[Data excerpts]

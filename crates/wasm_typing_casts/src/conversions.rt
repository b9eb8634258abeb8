//! Conversions of references, and unboxed integers.

ghost use Rattle.std.specs.Prelude.{◌≡◌, ◌∷◌, [], true, false};
ghost use Rattle.wasm_typing_references.specs.WasmSpec.Syntax.{abstract_heap, i32};
ghost use Rattle.wasm_typing_references.specs.WasmReadersTypes.WasmReadersValues.SeenValues.{abstract_heap_of};
ghost use Rattle.wasm_typing_references.specs.WasmReadersTypes.WasmReadersValues.declared.indices.UnpackedIndex.{UnpackedIndex};
ghost use Rattle.wasm_typing_references.specs.WasmOperators.WasmOperatorsPlain.declared.conversions.ConversionOperator.TheVariants.{AnyConvertExtern, ExternConvertAny, RefI31, I31GetS, RefI31Shared};
ghost use Rattle.wasm_typing_references.specs.WasmTypingChecks.WasmSpecSteps.Actions.{has as has_check, gc, allows};
ghost use Rattle.wasm_typing_references.specs.WasmTypingChecks.WasmSpecSteps.Bodies.{Surroundings};
ghost use Rattle.wasm_typing_references.specs.WasmTypingChecks.WasmSpecSteps.Meanings.{converted};
ghost use Rattle.wasm_typing_references.specs.WasmTypingChecks.WasmSpecSteps.Shapes.{conversion_shape, converting, plain, one, reference_to, small_integer};
ghost use Rattle.wasm_typing_references.specs.WasmTypingChecks.WasmValidatorResources.Answers.{world};
ghost use Rattle.wasm_typing_references.specs.WasmTypingChecks.WasmTypingStacks.SeenOperands.{operand_of};
ghost use Rattle.wasm_typing_references.specs.WasmTypingChecks.WasmTypingStacks.BodyStacks.{Kept};
ghost use Rattle.wasm_typing_references.specs.WasmTypingChecks.Steps.{Performs};
ghost use Rattle.wasm_typing_references.specs.SeenReferences.{reference_seen};

use crate::tops::abstract_to;
use std::alloc::Allocator;
use wasm_typing_references::operators::operators_plain::NumberType;
use wasm_typing_references::readers_errors::WasmFeatures;
use wasm_typing_references::readers_types::{AbstractHeapType, HeapType};
use wasm_typing_references::typing_checks::{
    OperatorError, OperatorFault, OperatorRule, Takes, ValTypes, has, plain,
};
use wasm_typing_references::typing_stacks::{Stacks, TypeWord, Word};
use wasm_typing_references::validator_resources::WasmModuleResources;
use wasm_typing_references::{Referenced, allows_heap, disallowed, look_below};

/// A reference of another hierarchy, null and shared as this one.
#[tactic(auto, using(crate::proofs::ReferenceConversions::words))]
fn word_of_hierarchy<T: WasmModuleResources>(
    resources: &T,
    heap: AbstractHeapType,
    reference: Referenced,
) -> Word
    ensures { (B : Surroundings UnpackedIndex) → operand_of result ≡ converted
        (world (T.context resources.now)) B (abstract_heap_of heap) (reference_seen reference) }
{
    match reference {
        Referenced::Known(ty) => {
            let ty = abstract_to(ty.is_nullable(), resources.is_shared(ty), heap);
            Word::known(TypeWord::reference(ty))
        }
        Referenced::Bottom => Word::open(heap),
        Referenced::Open(_) => Word::open(heap),
    }
}

/// Turns a reference below one abstract heap type into one to another.
#[tactic(auto, using(crate::proofs::Cited::acts, crate::proofs::ReferenceConversions::converts))]
fn convert<A: Allocator, T: WasmModuleResources>(
    stacks: &mut Stacks<A>,
    resources: &T,
    from: AbstractHeapType,
    to: AbstractHeapType,
) -> Result<(), OperatorError>
    ensures took { Performs result (T.context resources.now)
        (converting
        (has_check gc ∷ allows (reference_to true (abstract_heap false (abstract_heap_of to))) ∷ [])
        (abstract_heap_of from) (abstract_heap_of to)) stacks.old stacks.new }
    ensures same { Kept stacks.old stacks.new }
{
    if !has(stacks, WasmFeatures::GC) {
        return Err(OperatorError::Refused(OperatorFault::new(OperatorRule::Gc)));
    }
    let target = HeapType::Abstract {
        shared: false,
        ty: to,
    };
    if !allows_heap(stacks, true, target) {
        return Err(OperatorError::Refused(disallowed(stacks, true, target)));
    }
    match look_below(stacks, resources, 0, from) {
        Ok((reference, taken)) => {
            match stacks.exchange(taken, word_of_hierarchy(resources, to, reference)) {
                Ok(()) => Ok(()),
                Err(_) => Err(OperatorError::OutOfMemory),
            }
        }
        Err(fault) => Err(OperatorError::Refused(fault)),
    }
}

/// `any.convert_extern` (Core Specification 3.0, Validation, Instructions, Reference Instructions).
///
/// # Errors
///
/// Refuses what is no reference below `extern`.
pub fn any_convert_extern<A: Allocator, T: WasmModuleResources>(
    stacks: &mut Stacks<A>,
    resources: &T,
) -> Result<(), OperatorError>
    ensures took { Performs result (T.context resources.now) (conversion_shape AnyConvertExtern)
        stacks.old stacks.new }
    ensures same { Kept stacks.old stacks.new }
{
    let from = AbstractHeapType::Extern;
    convert(stacks, resources, from, AbstractHeapType::Any)
}

/// `extern.convert_any` (Core Specification 3.0, Validation, Instructions, Reference Instructions).
///
/// # Errors
///
/// Refuses what is no reference below `any`.
pub fn extern_convert_any<A: Allocator, T: WasmModuleResources>(
    stacks: &mut Stacks<A>,
    resources: &T,
) -> Result<(), OperatorError>
    ensures took { Performs result (T.context resources.now) (conversion_shape ExternConvertAny)
        stacks.old stacks.new }
    ensures same { Kept stacks.old stacks.new }
{
    let to = AbstractHeapType::Extern;
    convert(stacks, resources, AbstractHeapType::Any, to)
}

/// Makes a reference of an integer, where the features allow its type.
#[tactic(auto, using(crate::proofs::Cited::acts))]
fn box_integer<A: Allocator, T: WasmModuleResources>(
    stacks: &mut Stacks<A>,
    resources: &T,
    shared: bool,
) -> Result<(), OperatorError>
    ensures took { Performs result (T.context resources.now)
        (plain (allows (small_integer shared) ∷ []) (one i32) (one (small_integer shared)))
        stacks.old stacks.new }
    ensures same { Kept stacks.old stacks.new }
{
    let heap = HeapType::Abstract {
        shared,
        ty: AbstractHeapType::I31,
    };
    if !allows_heap(stacks, false, heap) {
        return Err(OperatorError::Refused(disallowed(stacks, false, heap)));
    }
    plain(
        stacks,
        resources,
        Takes::One(TypeWord::number(NumberType::I32)),
        ValTypes::One(TypeWord::reference(abstract_to(false, shared, AbstractHeapType::I31))),
    )
}

/// `ref.i31` (Core Specification 3.0, Validation, Instructions, Reference Instructions).
///
/// # Errors
///
/// Refuses what is no `i32`.
#[tactic(auto, using(crate::proofs::Cited::acts))]
pub fn ref_i31<A: Allocator, T: WasmModuleResources>(
    stacks: &mut Stacks<A>,
    resources: &T,
) -> Result<(), OperatorError>
    ensures took { Performs result (T.context resources.now) (conversion_shape RefI31)
        stacks.old stacks.new }
    ensures same { Kept stacks.old stacks.new }
{
    if !has(stacks, WasmFeatures::GC) {
        return Err(OperatorError::Refused(OperatorFault::new(OperatorRule::Gc)));
    }
    box_integer(stacks, resources, false)
}

/// `ref.i31_shared` (the proposal for shared references).
///
/// # Errors
///
/// Refuses what is no `i32`.
#[tactic(auto, using(crate::proofs::Cited::acts))]
pub fn ref_i31_shared<A: Allocator, T: WasmModuleResources>(
    stacks: &mut Stacks<A>,
    resources: &T,
) -> Result<(), OperatorError>
    ensures took { Performs result (T.context resources.now) (conversion_shape RefI31Shared)
        stacks.old stacks.new }
    ensures same { Kept stacks.old stacks.new }
{
    if !has(stacks, WasmFeatures::SHARED_EVERYTHING_THREADS) {
        return Err(OperatorError::Refused(OperatorFault::new(OperatorRule::SharedEverything)));
    }
    box_integer(stacks, resources, true)
}

/// `i31.get_s`, and `i31.get_u` (Core Specification 3.0, Validation, Instructions, Reference
/// Instructions).
///
/// # Errors
///
/// Refuses what is no reference below `i31`, shared or not.
#[tactic(auto, using(crate::proofs::Cited::acts, crate::proofs::ReferenceConversions::measures))]
pub fn i31_get<A: Allocator, T: WasmModuleResources>(
    stacks: &mut Stacks<A>,
    resources: &T,
) -> Result<(), OperatorError>
    ensures took { Performs result (T.context resources.now) (conversion_shape I31GetS)
        stacks.old stacks.new }
    ensures same { Kept stacks.old stacks.new }
{
    if !has(stacks, WasmFeatures::GC) {
        return Err(OperatorError::Refused(OperatorFault::new(OperatorRule::Gc)));
    }
    match look_below(stacks, resources, 0, AbstractHeapType::I31) {
        Ok((_, taken)) => match stacks.exchange(taken, Word::number(NumberType::I32)) {
            Ok(()) => Ok(()),
            Err(_) => Err(OperatorError::OutOfMemory),
        },
        Err(fault) => Err(OperatorError::Refused(fault)),
    }
}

• [WORK TO BE COMPLETED]
Which lines above include "UnpackedIndex"? Show each of them by copying it.

• [ANSWER TO THIS TASK]
ghost use Rattle.wasm_typing_references.specs.WasmReadersTypes.WasmReadersValues.declared.indices.UnpackedIndex.{UnpackedIndex};
    ensures { (B : Surroundings UnpackedIndex) → operand_of result ≡ converted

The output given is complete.